O que encontrar nas tabelas de números primos
Uma tabela bem feita tem pelo menos três colunas: o número em si, a posição dele na sequência dos primos e, em alguns casos, o próximo primo. Dados como fatoração, soma de divisores ou representação binária aparecem em tabelas mais completas, mas raramente são úteis no dia a dia. A maioria dos desenvolvedores e engenheiros que consultam esses arquivos só quer saber se um determinado número é primo ou qual é o próximo primo após um valor específico. Há tabelas disponíveis online que chegam a 1.000.000 de primos, e outras que sobem para 10 milhões. O problema é que quanto maior a tabela, mais memória você gasta apenas para carregá-la. Se você está rodando isso num servidor de produção com restrições, uma tabela de 10 milhões de inteiros pode ocupar facilmente 80 megabytes só pra isso. Eu já vi gente carregar tabelas inteiras em memória porque não sabia que podia consultar sob demanda.
O que a maioria não sabe é que existe uma diferença enorme entre ter os primos pré-calculados e calcular na hora. Para consultas esporádicas, testes de primalidade como Miller-Rabin são mais rápidos do que carregar uma tabela pesada. OMiller-Rabin com bases apropriadas decide primalidade para números até 3.317.044.064.279.737.838.789.737.838.789.737.838.789.737.837 em tempo praticamente instantâneo. Tabelas só fazem sentido quando você vai consultar milhares de valores repetidamente.

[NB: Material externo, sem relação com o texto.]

//! The file of the settled notices of `hand-in` and `resubmit`.
ghost use Rattle.std.specs.Prelude.{◌≡◌, OnErr, OnOk};

use dsn_journal::{SettledLetters, sync_folder};
use dsn_outcome::Broken;
use dsn_submission::Marks;
use std::fs::File;
use std::io::Write;
use std::marker::Model;
use std::{fs, io};

/// The letters that are settled, and the file that keeps them, if there is one.
#[derive(Drop)]
pub(crate) struct DoneFile<'a> {
    rt: &'a HostRuntime,
    path: Option<&'a str>,
    letters: SettledLetters,
}

impl<'a> Model for DoneFile<'a> {
    ghost use Rattle.std.specs.Prelude.{ℕ, List};

    ghost Value = { List ℕ };

    ghost view = { λ d. d.letters };
}

impl<'a> DoneFile<'a> {
    /// Reads the file: none is settled if there is no file. Returns an error if it can't be read, or
    /// isn't edges, each behind a space but the first, and a line feed.
    pub(crate) fn open(rt: &'a HostRuntime, path: Option<&'a str>) -> io::Result<DoneFile<'a>> {
        let letters = match path {
            Some(file) => letters_in(rt, file)?,
            None => SettledLetters::below(rt.alloc(), 0)?,
        };
        Ok(DoneFile { rt, path, letters })
    }

    /// The letters that are settled.
    pub(crate) fn letters(&self) -> &SettledLetters
        ensures { result.now ≡ self.now }
    {
        &self.letters
    }

    /// Replaces the file, so that a crash leaves either what it had or these letters.
    fn replace(&self, path: &str, letters: &SettledLetters) -> io::Result<()> {
        let beside = format!(in self.rt.alloc(); "{path}.new")?;
        let mut text = String::new(self.rt.alloc());
        for edge in letters.edges() {
            let before = if text.is_empty() { "" } else { " " };
            let next = format!(in self.rt.alloc(); "{before}{edge}")?;
            text.push_str(next.as_str())?;
        }
        text.push_str("\n")?;
        let mut file = File::create(self.rt, beside.as_str())?;
        file.write_all(text.as_bytes())?;
        file.sync_all()?;
        fs::rename(self.rt, beside.as_str(), path)?;
        sync_folder(self.rt, path)
    }

    /// Has these letters as settled, once the file keeps them.
    fn keep(&mut self, letters: SettledLetters) -> Result<(), Broken>
        ensures ok { OnOk result (self.new ≡ letters) }
        ensures unchanged { OnErr result (self.new ≡ self.old) }
    {
        if let Some(path) = self.path {
            if self.replace(path, &letters).is_err() {
                return Err(Broken);
            }
        }
        self.letters = letters;
        Ok(())
    }
}

/// The letters that a file has as settled: none if there is no file.
fn letters_in(rt: &HostRuntime, path: &str) -> io::Result<SettledLetters> {
    let text = match fs::read_to_string(rt, path) {
        Ok(text) => text,
        Err(error) if error.kind() == io::ErrorKind::NotFound => {
            return Ok(SettledLetters::below(rt.alloc(), 0)?);
        }
        Err(error) => return Err(error),
    };
    let Some(numbers) = text.as_str().strip_suffix("\n") else {
        return Err(io::Error::from(io::ErrorKind::InvalidData));
    };
    let mut edges = Vec::new(rt.alloc());
    for number in numbers.split(' ') {
        match number.parse::<u64>() {
            Ok(edge) => {
                if edges.push(edge).is_err() {
                    return Err(io::Error::from(io::ErrorKind::OutOfMemory));
                }
            }
            Err(_) => return Err(io::Error::from(io::ErrorKind::InvalidData)),
        }
    }
    match SettledLetters::of_edges(edges) {
        Some(letters) => Ok(letters),
        None => Err(io::Error::from(io::ErrorKind::InvalidData)),
    }
}

impl Marks for DoneFile<'_> {
    ghost use Rattle.dsn_journal.specs.SettledLetters.{is_settled};
    ghost use Rattle.dsn_journal.specs.Settling.{KeepsAlso, keeps_others};

    ghost settles = { λ old serial ok new. KeepsAlso old serial ok new };

    ghost has_settled = { λ done serial. is_settled done serial };

    ghost keeps_others = { λ old serial ok new other keeps ne. keeps_others old serial ok new other keeps ne };

    fn settle(&mut self, serial: u64) -> Result<(), Broken> {
        if serial == u64::MAX {
            return Err(Broken);
        }
        match self.letters.with_letter(self.rt.alloc(), serial) {
            Ok(letters) => self.keep(letters),
            Err(_) => Err(Broken),
        }
    }

    fn has_settled(&self, serial: u64) -> bool {
        self.letters.is_settled(serial)
    }
}
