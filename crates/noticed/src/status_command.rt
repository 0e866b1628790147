//! The command `status`: it asks a daemon for its status, and prints that.
use crate::socket_fault::print_socket_fault;
use crate::start_error::StartError;
use crate::status_metrics::{metrics_of, value_in};
use crate::status_socket::status_path;
use std::alloc::AllocError;
use std::io;
use std::io::{Error, ErrorKind, Print};
use std::os::unix::net::UnixStream;
use std::time::Duration;

/// How many seconds the daemon may take for a part of its answer.
const PATIENCE: u64 = 10;

/// The last line of a status.
const END: &str = "\nend\n";

/// The exit status of a command that couldn't print.
const FAULT: u8 = 1;

/// What is printed of a status.
#[derive(Clone, Copy, Drop, PartialEq, Eq)]
pub(crate) enum StatusView {
    /// The counts.
    Counts,
    /// The open logs, the oldest first.
    Open,
    /// The counts as metrics, in the text format of Prometheus.
    Metrics,
}

/// Prints the status of the daemon at this socket. Returns the status of the command.
pub(crate) fn run_status(
    rt: &HostRuntime,
    socket: &str,
    view: StatusView,
) -> Result<u8, StartError> {
    let path = status_path(rt.alloc(), socket)?;
    let text = match read_status(rt, path.as_str()) {
        Ok(text) => text,
        Err(error) if error.kind() == ErrorKind::OutOfMemory => return Err(StartError::NoMemory),
        Err(error) => return Ok(print_socket_fault(rt, path.as_str(), &error)),
    };
    let shown = match view {
        StatusView::Counts => counts_of(rt, text.as_str())?,
        StatusView::Open => open_logs_of(rt, text.as_str())?,
        StatusView::Metrics => metrics_of(rt.alloc(), text.as_str())?,
    };
    match print!(rt; "{shown}") {
        Ok(()) => Ok(0),
        Err(_) => Ok(FAULT),
    }
}

/// The text that the daemon at this path answers. Returns an error if it is cut.
fn read_status(rt: &HostRuntime, path: &str) -> io::Result<String> {
    let stream = UnixStream::connect(rt, path)?;
    stream.set_read_timeout(Some(Duration::from_secs(PATIENCE)))?;
    let text = io::read_to_string(rt.alloc(), stream)?;
    if text.ends_with(END) {
        Ok(text)
    } else {
        Err(Error::from(ErrorKind::UnexpectedEof))
    }
}

/// The lines of the counts.
fn counts_of(rt: &HostRuntime, text: &str) -> Result<String, AllocError> {
    let mut shown = String::new(rt.alloc());
    for line in text.lines() {
        if line != "end" && !line.starts_with("open ") {
            shown.push_str(line)?;
            shown.push_str("\n")?;
        }
    }
    Ok(shown)
}

/// The lines of the open logs. If some are left out, the last line says how many.
fn open_logs_of(rt: &HostRuntime, text: &str) -> Result<String, AllocError> {
    let mut shown = String::new(rt.alloc());
    for line in text.lines() {
        if let Some(log) = line.strip_prefix("open ") {
            shown.push_str(log)?;
            shown.push_str("\n")?;
        }
    }
    let left_out = number_in(text, "keys_open").saturating_sub(number_in(text, "listed"));
    if left_out > 0 {
        shown.push_str(format!(in rt.alloc(); "{left_out} more are not listed\n")?.as_str())?;
    }
    Ok(shown)
}

/// The number of the line of this name, or 0.
fn number_in(text: &str, name: &str) -> u64 {
    match value_in(text, name) {
        Some(value) => value.parse().unwrap_or(0),
        None => 0,
    }
}
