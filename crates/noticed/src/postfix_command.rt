//! The command `postfix`.
//! It ends only by a signal, and has nothing to finish: Postfix repeats a request that isn't
//! answered. So it needs no `stop`, and its sockets stay.
use crate::fault_note::print_worded_fault;
use crate::postfix_serving::PostfixServing;
use crate::start_error::StartError;
use dsn_postfix_queue::PostfixSetup;
use dsn_postfix_service::{Listeners, StartFault, serve_postfix};
use dsn_text::fault_code;
use std::sync::Wait;
use std::thread::Threads;
use std::time::Clock;

/// The exit status of a run that couldn't have its sockets, or that ended.
const FAULT: u8 = 1;

/// Serves the programs of a Postfix until the process is ended. Returns the status if that fails.
/// Only in `main` may the runtime start threads and wait, so `waiting` passes it again with these
/// rights.
pub(crate) fn run_postfix<R: Threads + Wait + Clock + Copy + Send + Sync + Drop + 'static>(
    rt: &HostRuntime,
    waiting: &R,
    serving: PostfixServing,
) -> Result<u8, StartError> {
    let hashed = serving.values.hashed_queues(rt.alloc())?;
    let place = serving.place(hashed.as_slice());
    let listeners = match listen(rt, &place, serving.inherits) {
        Ok(listeners) => listeners,
        Err(fault) => return Ok(print_fault(rt, place.queues.root, &fault)),
    };
    let served = serve_postfix(rt, waiting, &listeners, place, serving.settings());
    if served.is_err() {
        return Err(StartError::NoMemory);
    }
    print_worded_fault(rt, fault_code::CREW_REFUSED);
    Ok(FAULT)
}

/// The sockets of a run, which are made or inherited.
fn listen(
    rt: &HostRuntime,
    place: &PostfixSetup<'_>,
    inherits: bool,
) -> Result<Listeners, StartFault> {
    if !inherits {
        return Listeners::make(rt, place);
    }
    // Nothing else has these descriptors: no file that the process opened so far is still open, and
    // only this thread runs.
    unsafe { Listeners::inherit(rt, place) }
}

/// Prints why the Postfix isn't served. Returns the status.
fn print_fault(rt: &HostRuntime, folder: &str, fault: &StartFault) -> u8 {
    print_worded_fault(rt, fault_code::SOCKET);
    let _ = eprintln!(rt; "{folder}/{fault}");
    FAULT
}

Erros comuns que eu já vi acontecerem
O erro mais frequente que eu encontro em tabelas prontas da internet é a falta de verificação na fronteira. Alguém gera a tabela até 100.000 e esquece de verificar se o 99.991 é realmente primo, ou pior, include um composto que passou despercebido. Já fui parar num projeto onde a validação de certificados dependia de uma tabela desses tipos e um número composto estava listado como primo. O problema só apareceu depois de semanas. Outro problema comum é a ausência do número 2. Sim, eu vi tabelas que começavam direto no 3, como se o único primo par não existisse. Isso parece ridículo até você perceber que várias ferramentas genéricas de geração têm esse bug porque alguém copiou um algoritmo que assumia ímpares como padrão.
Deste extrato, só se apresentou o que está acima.